# Anyone have a shichon? (Shi Tzu x Bichon)



## Puppy-Oscar (May 12, 2011)

Hello I am going to be getting little puppy oscar on Tuesday the 17th and wondered if anyone else had this cross breed dog and what they thought of them and any puppy pictures would be great. 

Mostly I am interested as to what your shichons look like now as adults aswell, as they are cross breed there appearances can be very random but an idea would be great.

Also any information or tips for looking after my shichon would be great!

Thanks


----------



## lucyandsandy (Apr 7, 2011)

I haven't sorry but you would be suprised how different cross breed puppies can look. I went to see a litter of pugxshihtzu puppies and 3 of them looked pretty much like pugs(fawn and black, the face and short smooth coat) and the other two looked more like shihtzu's with long wavy fur, stocky body. It was odd to see them together!


----------



## Puppy-Oscar (May 12, 2011)

Yer from the adult shichon photos I have seen so far they all look completly different so it will be exciting to see how Oscar looks.


----------



## codyann (Jan 8, 2011)

Puppy-Oscar said:


> Yer from the adult shichon photos I have seen so far they all look completly different so it will be exciting to see how Oscar looks.

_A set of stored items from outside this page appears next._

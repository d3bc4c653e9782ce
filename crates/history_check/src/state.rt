//! The state of a checker: the callers and the live map. They judge each entry: first its shape,
//! then its reply, then its locks. The checker notes the first bad entry, and does not use the
//! state after that. In a contract, `Tells` says which history the state stands for. No list of the
//! entries is kept.
ghost use Rattle.std.specs.Prelude.{◌<◌, [], IfOk, OnErr};
ghost use Rattle.txn_words.specs.Kinds.{caller_of};

use crate::callers::Callers;
use crate::live_map::LiveMap;
use crate::verdict::Rule;
use std::alloc::{AllocError, Global};
use txn_trace::{Entry, Holder};

/// The state after a legal history. It is enough to judge the next entry.
#[derive(Drop)]
pub(crate) struct State {
    /// The callers, which judge the shape of an entry.
    pub(crate) callers: Callers,
    /// The live map, which judges an entry by the rules of replies and locks.
    pub(crate) map: LiveMap,
}

impl State {
    ghost use Rattle.history_check.specs.States.{Tells, Stays, Judges};

    /// The state before the first entry.
    pub(crate) fn new(alloc: Global, stripes: u64, holder: Holder) -> Result<State, AllocError>
        requires { 0 < stripes }
        ensures { IfOk result (Tells holder stripes []) }
    {
        Ok(State {
            callers: Callers::new(alloc)?,
            map: LiveMap::new(alloc, stripes, holder)?,
        })
    }

    /// Judges the entry. If it breaks a rule, returns the rule. Otherwise enters the entry and
    /// returns `None`.
    #[inline(always)]
    pub(crate) fn take_in(&mut self, entry: &Entry) -> Result<Option<Rule>, AllocError>
        requires { caller_of entry.now < 64 }
        ensures ok { IfOk result (λ rule. Judges entry.now self.old rule self.new) }
        ensures err { OnErr result (Stays self.old self.new) }
    {
        // Each kind of entry has its own arm, so that `judge` is compiled separately for each kind.
        match *entry {
            Entry::Began(caller, txn) => self.judge(&Entry::Began(caller, txn)),
            Entry::Asked(caller, op) => self.judge(&Entry::Asked(caller, op)),
            Entry::Did(caller, reply) => self.judge(&Entry::Did(caller, reply)),
            Entry::Saved(caller) => self.judge(&Entry::Saved(caller)),
            Entry::Leave(caller, level) => self.judge(&Entry::Leave(caller, level)),
            Entry::Undone(caller) => self.judge(&Entry::Undone(caller)),
            Entry::Returned(caller, level) => self.judge(&Entry::Returned(caller, level)),
            Entry::Committed(caller, number) => self.judge(&Entry::Committed(caller, number)),
            Entry::Busy(caller, op, named) => self.judge(&Entry::Busy(caller, op, named)),
            Entry::Aborted(caller) => self.judge(&Entry::Aborted(caller)),
        }
    }

    /// Judges an entry of any kind. If it breaks a rule, returns the rule. Otherwise enters the
    /// entry.
    #[inline(always)]
    fn judge(&mut self, entry: &Entry) -> Result<Option<Rule>, AllocError>
        requires { caller_of entry.now < 64 }
        ensures ok { IfOk result (λ rule. Judges entry.now self.old rule self.new) }
        ensures err { OnErr result (Stays self.old self.new) }
    {
        if !self.callers.has_shape(entry) {
            return Ok(Some(Rule::Shape));
        }
        if !self.map.is_answered(&self.callers, entry) {
            return Ok(Some(Rule::Replies));
        }
        self.callers.reserve(entry)?;
        if !self.map.follow(&self.callers, entry)? {
            return Ok(Some(Rule::Locks));
        }
        self.callers.enter(*entry);
        Ok(None)
    }
}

i havent heard of the mix personally but you will have to post pics  
good luck on getting your new puppy so exciting im jealous! lol


----------



## Puppy-Oscar (May 12, 2011)

How do I post pictures? I will happily show off my 6 week old Oscar piccies!


----------



## codyann (Jan 8, 2011)

Puppy-Oscar said:


> How do I post pictures? I will happily show off my 6 week old Oscar piccies!


most people on here used photobucket to post picures, i think i did it buy clicking the URL and copying it into a post by clicking on the insert image, if you hover over the icons you will see it. i hope this helps ive only posted 2 pics on here haha
i cant wait to see your pics


----------



## pearltheplank (Oct 2, 2010)

I have one as a client. Very friendly little chap. Has bichon coat but is white with brown patches


----------



## Puppy-Oscar (May 12, 2011)

Pictures of Oscar at 6 weeks....


----------



## Puppy-Oscar (May 12, 2011)

I posted the pictures above not sure if they have worked or not though?


----------



## DirtyGertie (Mar 12, 2011)

Photos have come out fine. Oscar is GORGEOUS. I've just put him on my "puppies to dognap list" - it's getting quite long now .


----------



## new westie owner (Apr 30, 2010)

Oscar is gorgeous


----------



## amberspy (Mar 3, 2011)

aww wot a cutie 
if i wasnt geting my own cav ,i certainly would be doing a dognapping


----------



## seratobyflynn (Mar 30, 2011)

How cute. Love his 'eyebrows' they're adorable!!


----------



## Puppy-Oscar (May 12, 2011)

Yay I am glad that everyone seems to like him! 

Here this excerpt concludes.